Human umbilical cord stem cell conditioned medium versus serum-free culture medium in the treatment of cryopreserved human ovarian tissues in in-vitro culture: a randomized controlled trial.

作者信息

Jia Yingxian, Shi Xiaohan, Xie Yidong, Xie Xiaochuan, Wang Yan, Li Shangwei

机构信息

Division of Reproductive Medical Center, West China Second University Hospital, Sichuan University, Chengdu, Sichuan, China.

Key Laboratory of Birth Defects and Related Diseases of Women and Children, West China Second University Hospital of Sichuan University, Chengdu, Sichuan, China.

出版信息

Stem Cell Res Ther. 2017 Jun 24;8(1):152. doi: 10.1186/s13287-017-0604-4.

DOI:10.1186/s13287-017-0604-4
PMID:28646900
原文链接:https://pmc.ncbi.nlm.nih.gov/articles/PMC5482969/
Abstract

BACKGROUND

To reduce young female fertility loss, the in-vitro culture of cryopreserved ovarian cortical tissues (OCTs) is considered an effective approach without delaying treatment and undergoing stimulation medicine. However, ischemic damage and follicular loss during the in-vitro culture of OCTs are major technical challenges. Human umbilical cord stem cells (HUMSCs) and their conditioned medium (HUMSC-CM) have been considered to be potential resources for regeneration medicine because they secrete cytokines and enhance cell survival and function. The aim of this study was to determine whether HUMSC-CM improves the development of frozen-thawed in-vitro cultured ovarian tissues compared with a serum-free culture medium (SF-CM).

METHODS

The thawed OCTs (n = 68) were cultivated in HUMSC-CM and SF-CM in vitro for 8 days, and the ovarian tissues were processed and analyzed by a classical histological evaluation.

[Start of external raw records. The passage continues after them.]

//! A device of pages and a device of a log: what they promise, two in memory, and two in files.
#![tactic(auto)]

mod choice;
mod contents;
mod device;
mod file_log;
mod file_pages;
mod framing;
pub mod laws;
mod mem_log;
mod mem_pages;
mod noted;
mod replay;
mod storage;
mod switch;

pub use choice::PageChoice;
pub use contents::{FileContents, Unknown};
pub use device::{DeviceFailed, LogDevice, PAGE, PageDevice};
pub use file_log::FileLog;
pub use file_pages::FilePages;
pub use framing::records_in;
pub use mem_log::MemLog;
pub use mem_pages::MemPages;
pub use noted::Calls;
pub use storage::{Exchange, Fixed, NotedFile, Storage};
pub use switch::{CallKind, Mishap, Switch};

The microvessel density (MVD) and apotosis detection during in-vitro culture of OCTs were also performed.

RESULTS

A significant difference in the rate of morphologically normal primordial follicles in the HUMSC-CM group was observed compared to that in the SF-CM group (group C) from days 2 to 4 (day 2: group B 58.0 ± 2.45% vs group C 32.0 ± 5.83%, p = 0.002; day 3: group B 55.5 ± 4.20% vs group C 21.0 ± 9.80%, p = 0.048; day 4: group B 52.0 ± 4.08% vs group C 21.5 ± 8.19%, p = 0.019). The microvessel density (MVD) detection showed a time-dependent increase and peaked on day 4. There was a significant difference between groups B (49.33 ± 0.58) and C (24.33 ± 3.79) (p = 0.036). The percentage of apoptotic follicles in group B was lower than that in group C on day 1 (13.75 ± 2.50% vs 27.0 ± 10.10%, p = 0.003), day 5 (11.75 ± 1.50% vs 51.0 ± 10.5%, p = 0.019) and day 7 (15.0 ± 5.10% vs 46.5 ± 21.75%, p = 0.018).

CONCLUSIONS

These data have provided the first experimental evidence of the effect of HUMSC-CM on frozen-thawed OCTs in vitro. The results showed that the HUMSC-CM group provided a better protecting effect on the in-vitro culture of the cryopreserved OCTs compared to the SF-CM group.

摘要

背景

为减少年轻女性生育力的损失,冷冻保存的卵巢皮质组织(OCTs)的体外培养被认为是一种有效的方法,无需延迟治疗和使用促排卵药物。然而,OCTs体外培养过程中的缺血损伤和卵泡丢失是主要的技术挑战。人脐带干细胞(HUMSCs)及其条件培养基(HUMSC-CM)被认为是再生医学的潜在资源,因为它们能分泌细胞因子并提高细胞存活率和功能。本研究的目的是确定与无血清培养基(SF-CM)相比,HUMSC-CM是否能改善冻融后体外培养的卵巢组织的发育。

方法

将解冻的OCTs(n = 68)在HUMSC-CM和SF-CM中体外培养8天,然后通过经典组织学评估对卵巢组织进行处理和分析。还对OCTs体外培养过程中的微血管密度(MVD)和凋亡进行了检测。

结果

与SF-CM组(C组)相比,在第2至4天,HUMSC-CM组形态正常的原始卵泡率有显著差异(第2天:B组58.0±2.45% vs C组32.0±5.83%,p = 0.002;第3天:B组55.5±4.20% vs C组21.0±9.80%,p = 0.048;第4天:B组52.0±4.08% vs C组21.5±8.19%,p = 0.019)。微血管密度(MVD)检测显示其随时间增加,并在第4天达到峰值。B组(49.33±0.58)和C组(24.33±3.79)之间存在显著差异(p = 0.036)。第1天(13.75±2.50% vs 27.0±10.10%,p = 0.003)、第5天(11.75±1.50% vs 51.0±10.5%,p = 0.019)和第7天(15.0±5.10% vs 46.5±21.75%,p = 0.018),B组凋亡卵泡的百分比低于C组。

结论

这些数据首次提供了HUMSC-CM对冻融后OCTs体外作用的实验证据。结果表明,与SF-CM组相比,HUMSC-CM组对冷冻保存的OCTs体外培养具有更好的保护作用。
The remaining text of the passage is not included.